As the whole interaction network is regarded as an undirected graph and each item in the adjacency matrix represents whether there exists an interaction between the two proteins, in our S-VGAE model, we define the cost function as:

$$\begin{array}{@{}rcl@{}} \begin{aligned} \mathcal{L} = \mathbb{E}_{q(\boldsymbol{Z} | \boldsymbol{X}, \boldsymbol{A})}\lbrack \log p(\boldsymbol{A^{\star}} | \boldsymbol{Z})\rbrack - KL\lbrack q(\boldsymbol{Z} | \boldsymbol{X}, \boldsymbol{A}) \| p(\boldsymbol{Z}) \rbrack \end{aligned} \end{array} $$
(11)

where KL[q(·)∥p(·)] is the Kullback-Leibler divergence between q(·) and p(·). The first term is to minimize the reconstruction error of the adjacency matrix A. It should be noticed that, we only consider those interactions with high confidence, which we specify as A (AA) to be reconstructed. The second term is to minimize the difference between q(Z|X,A) and p(Z). The cost function is the tradeoff between how accurate our model can be and how close the distribution of embeddings can match p(Z). In this case, we assume p(Z) as a Gaussian prior and the reparameterization trick is used for training [49].

As mentioned above, we only consider the cost of interactions with high confidence while ignoring those edges of uncertain confidence. In other words, we assume that those edges of uncertain confidence are random noises to our model and even disturb the training process thus affecting the ultimate performance. Therefore, we need to construct high-confidence sets from original datasets. For positive samples, the confidence are always high since they are actually observed. As for other items in the adjacency matrix A, they are divided into two groups: the highly negative group and the uncertain group. The edges in the highly negative group are negative edges with high confidence, which are selected based on the criteria described in the “Datasets” section.

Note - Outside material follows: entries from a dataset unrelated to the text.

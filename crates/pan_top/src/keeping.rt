ghost use Rattle.std.specs.Prelude.{◌≡◌, None};
ghost use Rattle.kept_build.specs.Stores.{store_of};
ghost use Rattle.pan_top.specs.KeptBuilds.{KeptCall};
ghost use Rattle.site_build.specs.Scenes.{scene};

use crate::closing::close_kept;
use base::Steps;
use call_status::Status;
use engine_session::Works;
use keepers::Keeper;
use kept_build::{KeptDevices, KeptWork, build_kept};
use outside::{Lines, Shelf, Sink, Source};
use runner::Runner;
use std::alloc::Global;
use std::sync::ledger::Ledger;

/// A build with a keeper, as `kept_build::build_kept` says; an end that comes early writes its line.
pub fn build_with_rows<R: Runner, S: Source, H: Shelf, K: Keeper, N: Lines, O: Sink, L: Ledger>(
    alloc: Global,
    request: &KeptWork<'_>,
    works: &mut Works<R>,
    devices: &mut KeptDevices<S, H, K, N, O>,
    steps: &mut Steps<L>,
) -> Status
    requires source_closed { S.opened devices.old.devices.source ≡ None }
    requires shelf_closed { H.opened devices.old.devices.shelf ≡ None }
    requires store_closed { K.opened devices.old.keeper ≡ None }
    ensures { KeptCall R.meaning request.now.work.now request.now.file.now result
        (scene R.Runner S.Source H.Shelf N.Lines O.Sink works.old.runner devices.old.devices
        steps.old)
        (scene R.Runner S.Source H.Shelf N.Lines O.Sink works.new.runner devices.new.devices
        steps.new)
        (store_of K.Keeper devices.old.keeper) (store_of K.Keeper devices.new.keeper) }
{
    match build_kept(alloc, request, works, devices, steps) {
        Ok(ended) => Status::after(ended),
        Err(end) => close_kept(alloc, &end, &mut devices.devices.out),
    }
}
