ghost use Rattle.std.specs.Prelude.{◌≡◌, ◌≤◌, ◌++◌, ◌∷◌, [], ℕ, List, IfOk, OnOk, OnErr, IfErr, IfSome, IsSome, Option, Some, None, true, false, MatchOption, bytes_eq};
ghost use Rattle.std.specs.List.{list_any, list_all};
ghost use Rattle.std.specs.Prelude.{cond};
ghost use Rattle.std.specs.HashMap.{get};
ghost use Rattle.outside.specs.Causes.{HasCause};
ghost use Rattle.outside.specs.Cells.{Cell, Sets, AllBut};
ghost use Rattle.std.specs.Prelude.{is_some, option_map, Bool};
ghost use Rattle.std.specs.List.Sorted.{IsSorted};
ghost use Rattle.std.specs.Cmp.Lexicographic.{slice_cmp};
ghost use Rattle.std.specs.Ordering.{nat_cmp};
ghost use Rattle.std.specs.List.{IsDistinct};
ghost use Rattle.std.specs.Prelude.{◌+◌, ◌||◌, length};
ghost use Rattle.publication.specs.Bounds.{Bounded, RemovesWithin, is_within, may_stand_after, removals_in, stays};
ghost use Rattle.publication.specs.Changing.{done, holds, Tells};
ghost use Rattle.publication.specs.Logs.{BringsBytes, LoggedBy, Logged, LogsPut, Removes, Writes, put_of, removed};
ghost use Rattle.publication.specs.OwnNames.{is_own};
ghost use Rattle.publication.specs.Wants.{bytes_of, wants_of, proper, goes, wanted};
ghost use Rattle.publication.specs.Published.{call_of, Knows, Came, BringsFile, BringsProfile, Partly, Placing, Clearing, Sweeps, Interrupted, InterruptedWithin, Holding, one_or_none, Covers, Names, Published, Drops, Dropping, Bringing, MayBring, may_stand_in};
ghost use Rattle.publication.specs.Listings.{IsAbsentUnless, Lists};
ghost use Rattle.std.specs.HashSet.{contains};
ghost use Rattle.std.specs.Prelude.{not, ◌&&◌, if◌then◌else◌};
ghost use Rattle.publication.specs.Troubles.{name_of};
ghost use Rattle.publication.specs.declared.publisher.Known.{Known};

use crate::answer::{Publication, is_within};
use crate::named_profile::{NamedProfile, named};
use crate::own_name::is_own;
use crate::profile::Profile;
use crate::reading::holds;
use crate::trouble::{Call, Trouble, Which, not_removed};
use base::{Bytes, Seq, Text};
use outside::{Shelf, StoreError};
use std::alloc::{AllocError, Global};
use std::collections::{HashMap, HashSet};

/// What is known of a name that may be on the shelf.
#[derive(Drop)]
pub(crate) enum Known {
    Unread,
    /// It holds these bytes.
    Holds(Bytes),
}

/// What is known of the program's own names on a shelf: all those that may be there.
#[derive(Drop)]
pub struct Publisher {
    own: HashMap<Text, Known>,
    /// Names that one publication may remove; any number where there is none.
    most: Option<u64>,
}

/// The name, which does not hold the bytes, gets them, or gives the call that failed.
fn put_other<H: Shelf>(shelf: &mut H, name: &str, bytes: &[u8]) -> Result<Option<Call>, AllocError>
    requires open { IsSome (H.opened shelf.old) }
    requires other { IfSome (H.cell shelf.old name.now)
        (λ content. false ≡ holds bytes.now (Some content)) }
    ensures brings { BringsBytes name.now bytes.now (H.fault_count shelf.old)
        (H.fault_count shelf.new) (H.cell shelf.old) (H.cell shelf.new) (H.changes shelf.old)
        (H.changes shelf.new) result }
    ensures opened { H.opened shelf.new ≡ H.opened shelf.old }
{
    match shelf.put(name, bytes) {
        Ok(()) => Ok(None),
        Err(StoreError::Failed) => Ok(Some(Call::Put)),
        Err(StoreError::Memory) => Err(AllocError),
    }
}

/// The name gets the bytes, or gives the call that failed. One that is known to be absent is not read.
fn bring_name<H: Shelf>(
    shelf: &mut H,
    name: &str,
    bytes: &[u8],
    held: &mut Vec<u8>,
    may_stand: bool,
) -> Result<Option<Call>, AllocError>
    requires open { IsSome (H.opened shelf.old) }
    requires absent { IsAbsentUnless may_stand (H.cell shelf.old name.now) }
    ensures brings { BringsBytes name.now bytes.now (H.fault_count shelf.old)
        (H.fault_count shelf.new) (H.cell shelf.old) (H.cell shelf.new) (H.changes shelf.old)
        (H.changes shelf.new) result }
    ensures opened { H.opened shelf.new ≡ H.opened shelf.old }
{
    match holds(shelf, name, bytes, held, may_stand) {
        Ok(true) => return Ok(None),
        Ok(false) => {}
        Err(StoreError::Failed) => return Ok(Some(Call::Read)),
        Err(StoreError::Memory) => return Err(AllocError),
    }
    put_other(shelf, name, bytes)
}

/// An own name is taken away from the shelf, or the call failed.
fn remove_name<H: Shelf>(shelf: &mut H, name: &str) -> Result<bool, AllocError>
    requires open { IsSome (H.opened shelf.old) }
    ensures came { IfOk result (λ done. Came name.now None done (H.fault_count shelf.old)
        (H.fault_count shelf.new) (H.cell shelf.old) (H.cell shelf.new)) }
    ensures unsettles { OnErr result (AllBut (H.cell shelf.old) name.now (H.cell shelf.new)) }
    ensures later { H.fault_count shelf.old ≤ H.fault_count shelf.new }
    ensures opened { H.opened shelf.new ≡ H.opened shelf.old }
    ensures removals { removals_in (H.changes shelf.new)
        ≤ removals_in (H.changes shelf.old) + 1 }
    ensures log { IfOk result
        (λ gone. H.changes shelf.new ≡ done (H.changes shelf.old) (removed gone name.now)) }
{
    match shelf.remove(name) {
        Ok(()) => Ok(true),
        Err(StoreError::Failed) => Ok(false),
        Err(StoreError::Memory) => Err(AllocError),
    }
}

fn add_name(names: &mut HashSet<Text>, name: &Text) -> Result<(), AllocError>
    ensures { OnOk result ((n : List ℕ) → contains bytes_eq names.new n
        ≡ cond (bytes_eq name.now n) true (contains bytes_eq names.old n)) }
{
    names.insert(name.share()?)?;
    Ok(())
}

/// The names that profiles want.
fn wanted_names(alloc: Global, profiles: &[NamedProfile<'_>]) -> Result<HashSet<Text>, AllocError>
    ensures { IfOk result (λ names. Names names (wants_of profiles.now)) }
{
    let room = profiles.len().saturating_add(profiles.len());
    let mut names = HashSet::with_capacity(alloc, room)?;
    for profile in profiles {
        add_name(&mut names, profile.file_name(Which::Json))?;
        add_name(&mut names, profile.file_name(Which::Dep))?;
    }
    Ok(names)
}

/// Adds the name, where it is an own one and none of these.
fn add_unwanted(gone: &mut Vec<Text>, name: &Text, names: &HashSet<Text>) -> Result<(), AllocError>
    ensures { OnOk result (gone.new.items ≡ gone.old.items
        ++ (if is_own name.now && not (contains bytes_eq names.now name.now) then name.now ∷ []
        else [])) }
{
    if is_own(name.as_str()) && !names.contains(name) {
        gone.push(name.share()?)?;
    }
    Ok(())
}

fn keep(troubles: &mut Vec<Trouble>, trouble: Option<Trouble>) -> Result<(), AllocError>
    ensures { OnOk result (troubles.new.items ≡ troubles.old.items ++ one_or_none trouble) }
{
    if let Some(trouble) = trouble {
        troubles.push(trouble)?;
    }
    Ok(())
}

(2) signed adjacency matrix

During the training process, the adjacency matrix A plays an important role since it not only defines the cost function but also serves as a critical parameter in the GCN. The common adjacency matrix consists of only 0 and 1. However, as we discussed in the last section, different edges actually have different confidence and therefore should have different impacts on the learning process.

In order to embody the differentiated impacts, we assign positive edges positive values (1), the highly negative group negative values (-1) and the uncertain group 0. By setting different signs and even different weights, we expect to reinforce existing observed interactions and in the meanwhile, strengthen the negative impact of the highly negative interactions. Detailed comparison of the model with or without signed adjacency matrix in Table S1.

Feedforward neural network classifier

Instead of directly using generative model to infer interactions, we take out embeddings zi contained in the matrix Z and further train a simple neural network as the final classifier. Correspondingly, the inputs to the classifier are concatenations of embeddings of two proteins, while the output label is a binary value representing whether there exist an interaction between the two proteins.

The performance of the classifier can be remarkably good without complex neural network structures since the embeddings already contain enough information and are highly representative in the learned low-dimensional vector space.